+++ The data

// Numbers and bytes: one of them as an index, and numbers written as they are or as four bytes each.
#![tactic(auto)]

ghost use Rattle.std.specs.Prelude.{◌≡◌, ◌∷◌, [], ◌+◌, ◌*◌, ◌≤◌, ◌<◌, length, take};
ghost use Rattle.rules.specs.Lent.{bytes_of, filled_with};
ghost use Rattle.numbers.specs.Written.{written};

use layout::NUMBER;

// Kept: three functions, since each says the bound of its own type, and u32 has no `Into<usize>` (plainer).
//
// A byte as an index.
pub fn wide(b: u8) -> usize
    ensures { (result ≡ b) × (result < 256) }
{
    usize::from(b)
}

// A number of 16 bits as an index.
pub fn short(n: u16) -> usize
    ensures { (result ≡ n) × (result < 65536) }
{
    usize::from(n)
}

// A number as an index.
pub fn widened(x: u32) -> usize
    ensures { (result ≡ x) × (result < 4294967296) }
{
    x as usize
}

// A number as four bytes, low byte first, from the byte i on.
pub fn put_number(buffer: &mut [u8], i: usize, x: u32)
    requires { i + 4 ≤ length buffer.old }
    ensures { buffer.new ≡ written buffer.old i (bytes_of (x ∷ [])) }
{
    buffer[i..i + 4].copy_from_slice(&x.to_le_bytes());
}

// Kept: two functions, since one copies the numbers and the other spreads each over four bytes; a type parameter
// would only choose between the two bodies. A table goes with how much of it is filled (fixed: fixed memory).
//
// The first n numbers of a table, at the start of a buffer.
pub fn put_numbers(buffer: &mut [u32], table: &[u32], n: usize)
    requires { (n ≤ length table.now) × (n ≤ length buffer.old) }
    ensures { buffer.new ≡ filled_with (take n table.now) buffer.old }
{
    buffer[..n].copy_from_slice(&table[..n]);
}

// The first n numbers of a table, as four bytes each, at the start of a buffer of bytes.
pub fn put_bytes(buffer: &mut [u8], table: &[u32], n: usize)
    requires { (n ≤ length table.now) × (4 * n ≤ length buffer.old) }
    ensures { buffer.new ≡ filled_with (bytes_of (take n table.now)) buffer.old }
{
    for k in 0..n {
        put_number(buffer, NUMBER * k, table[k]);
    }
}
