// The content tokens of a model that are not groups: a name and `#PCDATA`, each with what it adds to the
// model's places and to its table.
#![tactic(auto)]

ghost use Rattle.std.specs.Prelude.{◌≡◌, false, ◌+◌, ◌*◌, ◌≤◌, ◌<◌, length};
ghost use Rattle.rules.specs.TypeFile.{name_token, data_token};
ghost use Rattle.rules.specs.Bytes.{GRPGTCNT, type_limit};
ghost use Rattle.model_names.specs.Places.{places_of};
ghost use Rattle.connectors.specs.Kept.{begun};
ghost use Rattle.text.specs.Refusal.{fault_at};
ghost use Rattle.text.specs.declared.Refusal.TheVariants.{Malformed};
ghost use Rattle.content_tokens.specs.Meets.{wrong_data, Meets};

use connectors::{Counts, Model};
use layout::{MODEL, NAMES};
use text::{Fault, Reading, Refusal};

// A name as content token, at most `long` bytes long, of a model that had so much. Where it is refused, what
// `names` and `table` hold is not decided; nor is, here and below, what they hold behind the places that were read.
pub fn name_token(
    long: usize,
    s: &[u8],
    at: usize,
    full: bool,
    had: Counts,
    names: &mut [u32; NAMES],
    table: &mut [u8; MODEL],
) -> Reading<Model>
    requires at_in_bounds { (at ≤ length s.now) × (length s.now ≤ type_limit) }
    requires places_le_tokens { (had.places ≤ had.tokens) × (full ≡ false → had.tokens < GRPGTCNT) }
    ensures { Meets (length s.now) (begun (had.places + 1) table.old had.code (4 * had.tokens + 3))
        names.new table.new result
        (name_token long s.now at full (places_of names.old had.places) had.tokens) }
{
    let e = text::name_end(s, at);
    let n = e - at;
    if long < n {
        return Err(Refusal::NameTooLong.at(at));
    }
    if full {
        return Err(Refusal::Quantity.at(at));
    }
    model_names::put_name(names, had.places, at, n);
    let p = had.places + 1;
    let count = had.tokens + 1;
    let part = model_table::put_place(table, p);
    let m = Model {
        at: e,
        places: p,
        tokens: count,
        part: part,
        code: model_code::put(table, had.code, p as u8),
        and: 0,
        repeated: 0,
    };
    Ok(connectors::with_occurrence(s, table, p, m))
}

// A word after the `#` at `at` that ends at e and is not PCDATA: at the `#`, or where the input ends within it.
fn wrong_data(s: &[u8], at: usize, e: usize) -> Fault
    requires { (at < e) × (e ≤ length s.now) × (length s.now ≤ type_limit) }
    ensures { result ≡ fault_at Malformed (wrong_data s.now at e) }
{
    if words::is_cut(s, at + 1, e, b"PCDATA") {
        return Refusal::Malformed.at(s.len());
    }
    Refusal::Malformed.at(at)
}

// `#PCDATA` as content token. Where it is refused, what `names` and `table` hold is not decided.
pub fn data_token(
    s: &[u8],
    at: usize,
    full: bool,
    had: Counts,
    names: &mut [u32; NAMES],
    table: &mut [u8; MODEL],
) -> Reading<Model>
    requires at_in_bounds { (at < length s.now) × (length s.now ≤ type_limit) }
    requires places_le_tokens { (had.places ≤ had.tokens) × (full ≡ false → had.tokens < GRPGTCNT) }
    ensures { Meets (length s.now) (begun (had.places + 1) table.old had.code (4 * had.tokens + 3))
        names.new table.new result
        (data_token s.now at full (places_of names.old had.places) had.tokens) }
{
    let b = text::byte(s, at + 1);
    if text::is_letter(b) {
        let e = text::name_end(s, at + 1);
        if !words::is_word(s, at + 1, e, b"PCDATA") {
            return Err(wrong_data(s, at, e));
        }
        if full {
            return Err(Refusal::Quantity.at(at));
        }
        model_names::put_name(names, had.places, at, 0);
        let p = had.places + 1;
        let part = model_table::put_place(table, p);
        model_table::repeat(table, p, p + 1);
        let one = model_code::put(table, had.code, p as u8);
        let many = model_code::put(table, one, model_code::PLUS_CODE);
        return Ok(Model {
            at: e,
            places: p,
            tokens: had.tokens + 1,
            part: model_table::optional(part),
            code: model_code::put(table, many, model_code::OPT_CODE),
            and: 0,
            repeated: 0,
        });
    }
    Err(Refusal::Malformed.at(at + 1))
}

++++++

# Task brief:
Nothing above should be left out. Print all the records exactly.

# Answer to the problem:
// Numbers and bytes: one of them as an index, and numbers written as they are or as four bytes each.
#![tactic(auto)]

ghost use Rattle.std.specs.Prelude.{◌≡◌, ◌∷◌, [], ◌+◌, ◌*◌, ◌≤◌, ◌<◌, length, take};
ghost use Rattle.rules.specs.Lent.{bytes_of, filled_with};
ghost use Rattle.numbers.specs.Written.{written};

use layout::NUMBER;

// Kept: three functions, since each says the bound of its own type, and u32 has no `Into<usize>` (plainer).
//
// A byte as an index.
pub fn wide(b: u8) -> usize
    ensures { (result ≡ b) × (result < 256) }
{
    usize::from(b)
}

// A number of 16 bits as an index.
pub fn short(n: u16) -> usize
    ensures { (result ≡ n) × (result < 65536) }
{
    usize::from(n)
}

// A number as an index.
pub fn widened(x: u32) -> usize
    ensures { (result ≡ x) × (result < 4294967296) }
{
    x as usize
}

// A number as four bytes, low byte first, from the byte i on.
pub fn put_number(buffer: &mut [u8], i: usize, x: u32)
    requires { i + 4 ≤ length buffer.old }
    ensures { buffer.new ≡ written buffer.old i (bytes_of (x ∷ [])) }
{
    buffer[i..i + 4].copy_from_slice(&x.to_le_bytes());
}

// Kept: two functions, since one copies the numbers and the other spreads each over four bytes; a type parameter
// would only choose between the two bodies. A table goes with how much of it is filled (fixed: fixed memory).
//
// The first n numbers of a table, at the start of a buffer.
pub fn put_numbers(buffer: &mut [u32], table: &[u32], n: usize)
    requires { (n ≤ length table.now) × (n ≤ length buffer.old) }
    ensures { buffer.new ≡ filled_with (take n table.now) buffer.old }
{
    buffer[..n].copy_from_slice(&table[..n]);
}

// The first n numbers of a table, as four bytes each, at the start of a buffer of bytes.
pub fn put_bytes(buffer: &mut [u8], table: &[u32], n: usize)
    requires { (n ≤ length table.now) × (4 * n ≤ length buffer.old) }
    ensures { buffer.new ≡ filled_with (bytes_of (take n table.now)) buffer.old }
{
    for k in 0..n {
        put_number(buffer, NUMBER * k, table[k]);
    }
}
// The content tokens of a model that are not groups: a name and `#PCDATA`, each with what it adds to the
// model's places and to its table.
#![tactic(auto)]

ghost use Rattle.std.specs.Prelude.{◌≡◌, false, ◌+◌, ◌*◌, ◌≤◌, ◌<◌, length};
ghost use Rattle.rules.specs.TypeFile.{name_token, data_token};
ghost use Rattle.rules.specs.Bytes.{GRPGTCNT, type_limit};
ghost use Rattle.model_names.specs.Places.{places_of};
ghost use Rattle.connectors.specs.Kept.{begun};
ghost use Rattle.text.specs.Refusal.{fault_at};
ghost use Rattle.text.specs.declared.Refusal.TheVariants.{Malformed};
ghost use Rattle.content_tokens.specs.Meets.{wrong_data, Meets};

use connectors::{Counts, Model};
use layout::{MODEL, NAMES};
use text::{Fault, Reading, Refusal};

// A name as content token, at most `long` bytes long, of a model that had so much. Where it is refused, what
// `names` and `table` hold is not decided; nor is, here and below, what they hold behind the places that were read.
pub fn name_token(
    long: usize,
    s: &[u8],
    at: usize,
    full: bool,
    had: Counts,
    names: &mut [u32; NAMES],
    table: &mut [u8; MODEL],
) -> Reading<Model>
    requires at_in_bounds { (at ≤ length s.now) × (length s.now ≤ type_limit) }
    requires places_le_tokens { (had.places ≤ had.tokens) × (full ≡ false → had.tokens < GRPGTCNT) }
    ensures { Meets (length s.now) (begun (had.places + 1) table.old had.code (4 * had.tokens + 3))
        names.new table.new result
        (name_token long s.now at full (places_of names.old had.places) had.tokens) }
{
    let e = text::name_end(s, at);
    let n = e - at;
    if long < n {
        return Err(Refusal::NameTooLong.at(at));
    }
    if full {
        return Err(Refusal::Quantity.at(at));
    }
    model_names::put_name(names, had.places, at, n);
    let p = had.places + 1;
    let count = had.tokens + 1;
    let part = model_table::put_place(table, p);
    let m = Model {
        at: e,
        places: p,
        tokens: count,
        part: part,
        code: model_code::put(table, had.code, p as u8),
        and: 0,
        repeated: 0,
    };
    Ok(connectors::with_occurrence(s, table, p, m))
}

// A word after the `#` at `at` that ends at e and is not PCDATA: at the `#`, or where the input ends within it.
fn wrong_data(s: &[u8], at: usize, e: usize) -> Fault
    requires { (at < e) × (e ≤ length s.now) × (length s.now ≤ type_limit) }
    ensures { result ≡ fault_at Malformed (wrong_data s.now at e) }
{
    if words::is_cut(s, at + 1, e, b"PCDATA") {
        return Refusal::Malformed.at(s.len());
    }
    Refusal::Malformed.at(at)
}

// `#PCDATA` as content token. Where it is refused, what `names` and `table` hold is not decided.
pub fn data_token(
    s: &[u8],
    at: usize,
    full: bool,
    had: Counts,
    names: &mut [u32; NAMES],
    table: &mut [u8; MODEL],
) -> Reading<Model>
    requires at_in_bounds { (at < length s.now) × (length s.now ≤ type_limit) }
    requires places_le_tokens { (had.places ≤ had.tokens) × (full ≡ false → had.tokens < GRPGTCNT) }
    ensures { Meets (length s.now) (begun (had.places + 1) table.old had.code (4 * had.tokens + 3))
        names.new table.new result
        (data_token s.now at full (places_of names.old had.places) had.tokens) }
{
    let b = text::byte(s, at + 1);
    if text::is_letter(b) {
        let e = text::name_end(s, at + 1);
        if !words::is_word(s, at + 1, e, b"PCDATA") {
            return Err(wrong_data(s, at, e));
        }
        if full {
            return Err(Refusal::Quantity.at(at));
        }
        model_names::put_name(names, had.places, at, 0);
        let p = had.places + 1;
        let part = model_table::put_place(table, p);
        model_table::repeat(table, p, p + 1);
        let one = model_code::put(table, had.code, p as u8);
        let many = model_code::put(table, one, model_code::PLUS_CODE);
        return Ok(Model {
            at: e,
            places: p,
            tokens: had.tokens + 1,
            part: model_table::optional(part),
            code: model_code::put(table, many, model_code::OPT_CODE),
            and: 0,
            repeated: 0,
        });
    }
    Err(Refusal::Malformed.at(at + 1))
}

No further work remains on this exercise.